The Pensions Regulator will not pursue moral hazard proceedings against chemical company Chemtura after the firm agreed a £60 million comprehensive funding package.
Under the agreement, £30 million has already been paid to the Great Lakes UK pension plan, which is sponsored by Chemtura Manufacturing UK (CMUK), a solvent trading UK business.
A further £30 million will be due over the next three years, with group companies, including the overseas parent, entering into security arrangements providing protection to the scheme regarding its further liabilities.
Trustees approached the regulator with concerns about the security of the pension scheme after Chemtura Corporation, CMUK’s US parent, filed for chapter 11 bankruptcy protection in March 2009.
The regulator launched an investigation, and in December 2010 started regulatory action by issuing a ‘warning notice’ against target companies including CMUK and Chemtura Corporation.
The warning notice explained that the regulator’s determinations panel may in due course decide whether it would be reasonable to issue financial support directions (FSDs) against the target companies.
In May 2011, CMUK and Chemtura Corporation reached agreement with the trustees in relation to a funding package for the scheme. The settlement finally agreed meant that a hearing before the regulator’s Determinations Panel scheduled for June 2011 was not necessary.

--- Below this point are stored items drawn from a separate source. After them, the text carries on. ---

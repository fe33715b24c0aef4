//! Writes a frame.
//!
//! The errors are std's `io::Error`. Code that sends a frame displays the error or sends the frame again, so
//! it needs no error type of this project.

ghost use Rattle.std.specs.Prelude.{OnOk};
ghost use Rattle.std.specs.Io.KnownBytes.{Appends};
ghost use Rattle.frames_core.specs.Writing.{WrotePrefix};

use std::io::{self, ErrorKind, Write};

// Writes all of the bytes, or fails after a prefix of them. The contract of std's `write_all` does not
// promise that only a prefix was written if it fails. The client of a change store needs this promise.
#[inline(always)]
fn put<W: Write>(writer: &mut W, bytes: &[u8]) -> io::Result<()>
    ensures all { OnOk result (Appends (W.contents writer.old) (W.contents writer.new) bytes.now) }
    ensures part { WrotePrefix (W.contents writer.old) (W.contents writer.new) bytes.now }
{
    let mut at = 0;
    while at < bytes.len() {
        let (_, rest) = bytes.split_at(at);
        let count = writer.write(rest)?;
        if count == 0 {
            return Err(io::Error::from(ErrorKind::WriteZero));
        }
        at += count;
    }
    Ok(())
}

/// Writes all bytes of a frame, and flushes the writer.
///
/// # Errors
///
/// If a write or the flush fails, a write is interrupted, or a write takes no byte. A prefix of the bytes was
/// then written, which may be empty or complete.
///
/// # Not promised
///
/// The contract does not say that the bytes are flushed. Cases of `test_bytes` show that they are.
#[inline(always)]
pub fn send<W: Write>(writer: &mut W, frame: &[u8]) -> io::Result<()>
    ensures all { OnOk result (Appends (W.contents writer.old) (W.contents writer.new) frame.now) }
    ensures part { WrotePrefix (W.contents writer.old) (W.contents writer.new) frame.now }
{
    put(writer, frame)?;
    writer.flush()
}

There were about 1,270 members of the pension scheme.
Stephen Soper, executive director for defined benefit (DB) regulation at the regulator, said: “In my view, as in the 2007 Sea Containers case, this is another example of the use (or potential use) of the FSD power assisting in securing additional financial support for a UK scheme from an overseas parent company. That’s good news for the 1,270 members of this scheme as well as Pension Protection Fund levy payers.
“A negotiated agreement is clearly preferable to having to take enforcement action and we urge sponsoring employers and their parent companies to engage positively with scheme trustees to ensure pension schemes have adequate security.”
Moral hazard is when a solvent company tries to find a way to avoid paying the liabilities that they have.
Financial support directions allow the regulator to go to the connected company of a larger organisation – a sister company, for example – and require them to put in place financial support for a pension scheme.